1+1=2, no ?
Well that's not that simple.
First, keyboards have an annoying feature : an extra C key after the last octave, so it have to be removed : the U-shaped steel bed have to be cut as well as the PCB, and cut traces have to be repaired.
Secondly, another bed have to be made to hold the two keyboard together, and rigid enough so the whole keyboard will not bend. U and L shaped aluminum bar are the way to go. Optionally some cosmetic aluminum flat bars to hide the top of the keyboard and the end of the keys.
That should be enough for the mechanical issues.
The electronic circuit should be quite simple : 4x74164 parallel-out serial shift registers to select the 8x4=32 banks of 8 switches (so 32x8 = 256 switches, and 2 switches = 1 key so 128 keys max. ), with an Amega8 to select the banks sequentially / interpret the switch states on a 8bit port, to finally generate the MIDI key events with their velocities on a serial port.
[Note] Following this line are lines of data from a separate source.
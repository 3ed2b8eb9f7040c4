//! The files that are read, the sink that is written and the words of the command line: what they
//! tell, and how often they failed.
#![tactic(auto)]

mod counted;
mod files;
mod front;
mod gathering;
mod host;
mod listed;
mod memory_files;
mod memory_sink;
mod opening;
mod output;
mod sink;
mod steady_files;
mod steady_sink;
mod words;

pub use counted::Counted;
pub use files::{FileError, Files, NamesFailed};
pub use front::whole_of;
pub use gathering::Gathering;
pub use host::{HostFiles, HostOpening, StdoutSink};
pub use memory_files::MemoryFiles;
pub use memory_sink::MemorySink;
pub use opening::{OpenedFiles, Opening};
pub use output::{Output, Telling};
pub use sink::{Failed, Sink, put_all};
pub use steady_files::SteadyFiles;
pub use steady_sink::SteadySink;
pub use words::{HostWords, Words, given_words};
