//! A sink in memory, none of whose puts fails.

ghost use Rattle.std.specs.Prelude.{◌≡◌, ◌+◌, ◌<◌, ◌≤◌, ◌++◌, [], Some, None, IfOk, IfSome, IsOk, vec_len, vec_capacity, length};
ghost use Rattle.outside_io.specs.Sink.{Puts};

use crate::sink::{Failed, Sink};
use ffm_model::Memory;
use std::alloc::Global;

/// A sink in memory that takes each piece whole. It keeps and tells the bytes as long as all that it
/// took fits in its room; afterwards it keeps no further byte and tells nothing.
///
/// Its count of faults is 0.
#[derive(Drop)]
pub struct SteadySink {
    bytes: Vec<u8>,
    room: usize,
    is_over: bool,
    ghost within: { vec_len bytes ≤ room },
    ghost made: { room ≤ vec_capacity bytes },
}

impl SteadySink {
    ghost use Rattle.outside_io.specs.SteadySink.{kept_by, room_of, told_by};

    /// A sink with room for `room` bytes, which is made now.
    ///
    /// `Memory` comes where no memory is found for the room.
    pub fn new(alloc: Global, room: usize) -> Result<SteadySink, Memory>
        ensures empty { IfOk result (λ sink. told_by sink ≡ Some []) }
        ensures room { IfOk result (λ sink. room_of sink ≡ room) }
    {
        Ok(SteadySink {
            bytes: Vec::with_capacity(alloc, room)?,
            room,
            is_over: false,
        })
    }

    /// The bytes that it keeps, lent: those taken, where it tells them.
    pub fn bytes(&self) -> &[u8]
        ensures kept { result.now ≡ kept_by self.now }
        ensures told { IfSome (told_by self.now) (λ bytes. result.now ≡ bytes) }
    {
        &self.bytes
    }
}

impl Sink for SteadySink {
    ghost use Rattle.outside_io.specs.SteadySink.{kept_by, room_of, seen_of, told_by};

    ghost seen = { seen_of };

    fn put(&mut self, piece: &[u8]) -> Result<usize, Failed>
        requires { 0 < length piece.now }
        ensures fine { IsOk result }
        ensures some { IfOk result (λ count. 0 < count) }
        ensures within { IfOk result (λ count. count ≤ length piece.now) }
        ensures puts { Puts (seen_of self.old) (seen_of self.new) result piece.now }
        ensures whole { IfOk result (λ count. count ≡ length piece.now) }
        ensures room { room_of self.new ≡ room_of self.old }

        // The bytes are told up to the piece that finds no room, which isn't kept, and never again.
        ensures fits { IfSome (told_by self.old) (λ bytes.
            length bytes + length piece.now ≤ room_of self.old
            → told_by self.new ≡ Some (bytes ++ piece.now)) }
        ensures over { IfSome (told_by self.old) (λ bytes.
            room_of self.old < length bytes + length piece.now → told_by self.new ≡ None) }
        ensures untold { told_by self.old ≡ None → told_by self.new ≡ None }
        ensures dropped { told_by self.new ≡ None → kept_by self.new ≡ kept_by self.old }
    {
        if self.is_over || piece.len() > self.room - self.bytes.len() {
            self.is_over = true;
            return Ok(piece.len());
        }
        self.bytes.extend_from_slice(piece).unwrap();
        Ok(piece.len())
    }

    /// Nothing ever waits.
    fn flush(&mut self) -> Result<(), Failed>
        ensures fine { IsOk result }
        ensures same { self.new ≡ self.old }
    {
        Ok(())
    }
}
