//! Where bytes are written.

ghost use Rattle.std.specs.Prelude.{◌≡◌, ◌<◌, ◌≤◌, [], IfOk, length};
ghost use Rattle.outside_io.specs.Sink.{Flushes, Puts, SinkSeen, Writes};

/// A put or a flush failed, and the count of faults rose. A put that failed took nothing.
#[derive(Clone, Copy, Debug, PartialEq, Eq)]
pub struct Failed;

/// A sink: the bytes that it took, of which some may wait in it, and how often it failed.
pub trait Sink {
    /// What it tells: the bytes handed on to where they stay, if these are told, the bytes that wait
    /// in it, and how often a put or a flush has failed, up to 2^64 - 1.
    ghost seen: { Self → SinkSeen };

    /// Takes a front of the piece, at least one byte of it, and answers how many bytes it took. The
    /// piece may not be empty.
    ///
    /// `Failed` comes only where the count of faults rose in this call, and then nothing was taken;
    /// every other answer leaves the count. Whatever it answers, what was handed on grows only by a
    /// front of what waited and of the piece. Where the bytes are told afterwards, they were told
    /// before.
    fn put(&mut self, piece: &[u8]) -> Result<usize, Failed>
        requires { 0 < length piece.now }
        ensures some { IfOk result (λ count. 0 < count) }
        ensures within { IfOk result (λ count. count ≤ length piece.now) }
        ensures puts { Puts (seen self.old) (seen self.new) result piece.now };

    /// Hands on what waits. It takes nothing more.
    ///
    /// `Failed` comes only where the count of faults rose in this call, and then some of it waits
    /// still; every other answer leaves the count, and then nothing waits.
    fn flush(&mut self) -> Result<(), Failed>
        ensures { Flushes (seen self.old) (seen self.new) result };
}

/// Puts these bytes, and again the rest of them, until all are taken. Empty bytes make no put.
///
/// `Failed` comes from the first put that fails, and then a proper prefix of the bytes was taken.
/// Where none fails, the count of faults stays.
pub fn put_all<S: Sink>(out: &mut S, bytes: &[u8]) -> Result<(), Failed>
    ensures writes { Writes (S.seen out.old) (S.seen out.new) result bytes.now }

    // Nothing is asked of the sink where there is nothing to put.
    ensures empty { bytes.now ≡ [] → out.new ≡ out.old }
{
    let mut at = 0;
    while at < bytes.len() {
        at += out.put(&bytes[at..])?;
    }
    Ok(())
}
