//! Bytes that are gathered before a sink: pieces that find room wait together, and are handed on at
//! once.

ghost use Rattle.std.specs.Prelude.{◌≡◌, ◌+◌, ◌≤◌, ◌++◌, [], drop, length, take};
ghost use Rattle.std.specs.Bool.{OnFalse, OnTrue};
ghost use Rattle.outside_io.specs.Sink.{HandsOn, Takes};
ghost use Rattle.outside_io.specs.declared.gathering.TheConstants.{GATHERED_BYTES};

use crate::sink::{Failed, Sink};

// As many bytes are gathered at most.
const GATHERED_BYTES: usize = 8192;

/// A sink that gathers up to 8 KiB before it hands them on to another sink: where the next piece
/// finds no room, and at each `flush`. A piece that is longer than the room goes to the sink itself,
/// after all that was gathered.
///
/// A hand-on that fails loses nothing: the rest waits still, and the next one goes on where it
/// stopped. So its sink never has a byte behind a hole.
#[derive(Drop)]
pub struct Gathering<S> {
    sink: S,
    // The first `len` bytes were gathered. Those after them stay as they are, so that no hand-on writes any.
    held: [u8; GATHERED_BYTES],
    len: usize,
    // So many of the gathered bytes were handed on.
    at: usize,
    ghost within: { at ≤ len },
    ghost room: { len ≤ GATHERED_BYTES },
}

// The bytes from a place on, of so many.
fn part_of(held: &[u8], at: usize, len: usize) -> &[u8]
    requires within { at ≤ len }
    requires room { len ≤ length held.now }
    ensures { result.now ≡ drop at (take len held.now) }
{
    let gathered = &held[..len];
    &gathered[at..]
}

// Puts a piece behind the first so many bytes.
fn put_after(held: &mut [u8], len: usize, piece: &[u8])
    requires { len + length piece.now ≤ length held.old }
    ensures { take (len + length piece.now) held.new ≡ take len held.old ++ piece.now }
{
    let end = len + piece.len();
    held[len..end].copy_from_slice(piece);
}

impl<S: Sink> Gathering<S> {
    ghost use Rattle.outside_io.specs.Gathering.{seen_through, sink_of, waiting_in};

    /// Nothing is gathered yet before this sink.
    pub fn of(sink: S) -> Self
        ensures sink { sink_of result ≡ sink }
        ensures empty { waiting_in result ≡ [] }
        ensures seen { seen_through S.seen result ≡ S.seen sink }
    {
        Gathering {
            sink,
            held: [0; GATHERED_BYTES],
            len: 0,
            at: 0,
        }
    }

    /// The sink that takes what is handed on, lent.
    pub fn sink(&self) -> &S
        ensures { result.now ≡ sink_of self.now }
    {
        &self.sink
    }

    // Hands on what was gathered. After `Failed` the rest of it waits still.
    fn hand_on(&mut self) -> Result<(), Failed>
        ensures { HandsOn (seen_through S.seen self.old) (seen_through S.seen self.new)
            result (waiting_in self.new) }
    {
        while self.at < self.len {
            let waiting = part_of(&self.held, self.at, self.len);
            self.at += self.sink.put(waiting)?;
        }
        self.at = 0;
        self.len = 0;
        Ok(())
    }

    // Gathers a piece, where it finds room.
    fn add(&mut self, piece: &[u8]) -> bool
        ensures added { OnTrue result
            (Takes (seen_through S.seen self.old) (seen_through S.seen self.new) piece.now) }
        ensures unchanged { OnFalse result (self.new ≡ self.old) }
        ensures same_sink { sink_of self.new ≡ sink_of self.old }
    {
        if piece.len() > GATHERED_BYTES - self.len {
            return false;
        }
        put_after(&mut self.held, self.len, piece);
        self.len += piece.len();
        true
    }
}

impl<S: Sink> Sink for Gathering<S> {
    ghost use Rattle.outside_io.specs.Gathering.{seen_through};

    ghost seen = { seen_through S.seen };

    fn put(&mut self, piece: &[u8]) -> Result<usize, Failed> {
        if self.add(piece) {
            return Ok(piece.len());
        }
        self.hand_on()?;
        if self.add(piece) {
            Ok(piece.len())
        } else {
            self.sink.put(piece)
        }
    }

    /// What was gathered is handed on, and then the sink is flushed.
    fn flush(&mut self) -> Result<(), Failed> {
        self.hand_on()?;
        self.sink.flush()
    }
}
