//! Files by name.

ghost use Rattle.std.specs.Prelude.{◌≡◌, IfSome};
ghost use Rattle.std.specs.Option.{option_map};
ghost use Rattle.outside_io.specs.Files.{FilesSeen, ReadsFile};

use std::alloc::{AllocError, AllocFailed, Global};
use thiserror::Error;

/// Why a read gave no bytes.
///
/// `Failed`: the outside refused it, and the count of faults rose. `TooLong`: the file has more
/// bytes than the limit. `Memory`: no memory was found.
#[derive(Clone, Copy, Debug, PartialEq, Eq, Error)]
pub enum FileError {
    #[error("the file can't be read")]
    Failed,
    #[error("the file is too long")]
    TooLong,
    #[error("no memory was found")]
    Memory,
}

impl From<AllocError> for FileError {
    ghost use Rattle.std.specs.Prelude.{◌≡◌};
    ghost use Rattle.outside_io.specs.declared.files.FileError.TheVariants.{Memory};

    ghost from_gives = { λ _ e. e ≡ Memory };

    fn from(_e: AllocError) -> FileError {
        FileError::Memory
    }
}

impl<T: Drop> From<AllocFailed<T>> for FileError {
    ghost use Rattle.std.specs.Prelude.{◌≡◌};
    ghost use Rattle.outside_io.specs.declared.files.FileError.TheVariants.{Memory};

    ghost from_gives = { λ _ e. e ≡ Memory };

    fn from(_e: AllocFailed<T>) -> FileError {
        FileError::Memory
    }
}

/// Files by their names.
pub trait Files {
    /// What they tell: what each name holds, which names were read, in order, and the name of the last
    /// failed read, where these are told, and how often a read has failed, up to 2^64 - 1.
    ghost seen: { Self → FilesSeen };

    /// The bytes of the named file, at most `limit` of them.
    ///
    /// `TooLong` comes exactly where the file has more than `limit` bytes. `Failed` comes only where
    /// the count of faults rose in this call, and then this name is the last failed one; every other
    /// answer leaves the count and the last failed name as they were. `Memory` comes where no memory
    /// is found, and may stand in place of each other answer. Whatever it answers, each name holds
    /// what it held. The name is read once, and no other; where `Memory` comes, it may not have been
    /// read.
    fn read(&mut self, alloc: Global, name: &str, limit: u32) -> Result<Vec<u8>, FileError>
        ensures { ReadsFile (seen self.old) (seen self.new) result limit name.now };
}

/// Files that say which read failed last.
pub trait NamesFailed: Files {
    /// The name of the last failed read, lent, if there was one.
    fn last_failed(&self) -> Option<&str>
        ensures { IfSome (Self.seen self.now).last_failed (λ told.
            option_map (λ name. name.now) result ≡ told) };
}
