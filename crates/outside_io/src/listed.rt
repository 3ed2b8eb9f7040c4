//! Calls that are told by their numbers.

ghost use Rattle.std.specs.Prelude.{◌↔◌, IsTrue, Contains};

use ffm_model::List;

/// Whether the list names the call with this number.
pub fn is_listed(calls: &List<u32>, number: u64) -> bool
    ensures { IsTrue result ↔ Contains calls.now number }
{
    calls
        .as_slice()
        .iter()
        .any(|call| u64::from(*call) == number)
}
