//! A sink in memory, with a room, some of whose puts fail.

ghost use Rattle.std.specs.Prelude.{◌≡◌, ◌↔◌, ◌<◌, ◌≤◌, IfOk, OnErr, IsErr, IsOk, vec_len, vec_capacity, length};
ghost use Rattle.outside_io.specs.Count.{one_more};
ghost use Rattle.outside_io.specs.Sink.{Puts};

use crate::listed::is_listed;
use crate::sink::{Failed, Sink};
use ffm_model::{List, Memory};
use std::alloc::Global;

/// A sink in memory. It takes pieces of a stated size as long as there is room, and tells its bytes.
///
/// A put fails where its call is listed, or where no room is left.
#[derive(Drop)]
pub struct MemorySink {
    bytes: Vec<u8>,
    room: usize,
    piece: usize,
    failing: List<u32>,
    calls: u64,
    faults: u64,
    ghost some: { 0 < piece },
    ghost within: { vec_len bytes ≤ room },
    ghost made: { room ≤ vec_capacity bytes },
}

impl MemorySink {
    ghost use Rattle.outside_io.specs.MemorySink.{IsNew, taken_by};

    /// A sink with room for `room` bytes, which is made now. A put takes at most `piece` bytes, and
    /// the puts with the numbers of `fail` fail; the first put has the number 1.
    ///
    /// `Memory` comes where no memory is found for the room.
    pub fn new(
        alloc: Global,
        room: usize,
        piece: usize,
        fail: List<u32>,
    ) -> Result<MemorySink, Memory>
        requires { 0 < piece }
        ensures { IfOk result (IsNew room piece fail) }
    {
        Ok(MemorySink {
            bytes: Vec::with_capacity(alloc, room)?,
            room,
            piece,
            failing: fail,
            calls: 0,
            faults: 0,
        })
    }

    /// The bytes taken so far, lent.
    pub fn bytes(&self) -> &[u8]
        ensures { result.now ≡ taken_by self.now }
    {
        &self.bytes
    }
}

impl Sink for MemorySink {
    ghost use Rattle.outside_io.specs.MemorySink.{seen_of, calls_of, faults_of, takes_of, Fails, SameBounds};

    ghost seen = { seen_of };

    fn put(&mut self, piece: &[u8]) -> Result<usize, Failed>
        requires { 0 < length piece.now }
        ensures some { IfOk result (λ count. 0 < count) }
        ensures within { IfOk result (λ count. count ≤ length piece.now) }
        ensures puts { Puts (seen_of self.old) (seen_of self.new) result piece.now }

        // Exactly the listed calls fail, and those with no room left.
        ensures fails { IsErr result ↔ Fails self.old }
        ensures count { IfOk result (λ count. count ≡ takes_of self.old (length piece.now)) }
        ensures calls { calls_of self.new ≡ one_more (calls_of self.old) }
        ensures same_bounds { SameBounds self.old self.new }

        // A failed put is counted once.
        ensures counted { OnErr result (faults_of self.new ≡ one_more (faults_of self.old)) }
    {
        self.calls = self.calls.saturating_add(1);
        let count = piece
            .len()
            .min(self.piece)
            .min(self.room - self.bytes.len());
        if is_listed(&self.failing, self.calls) || count == 0 {
            self.faults = self.faults.saturating_add(1);
            return Err(Failed);
        }
        self.bytes.extend_from_slice(&piece[..count]).unwrap();
        Ok(count)
    }

    /// Nothing ever waits.
    fn flush(&mut self) -> Result<(), Failed>
        ensures fine { IsOk result }
        ensures same { self.new ≡ self.old }
    {
        Ok(())
    }
}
More details later on scanning techniques.
Optionally, an analog multiplexer (4051) to measure the resistance of switches (around 70ohms) for some MIDI pressure control ? An STM32F4Discovery as a synth + serial midi<->usb interface ?
Great!!!,, I am interested in your project. I also have Yamaha P105 keyboard (88 key), main Midi Board and power board broken....
So, I am also tring to make midi board using by arduino. If you don't mind. Could you sharing your skill??? hardware software???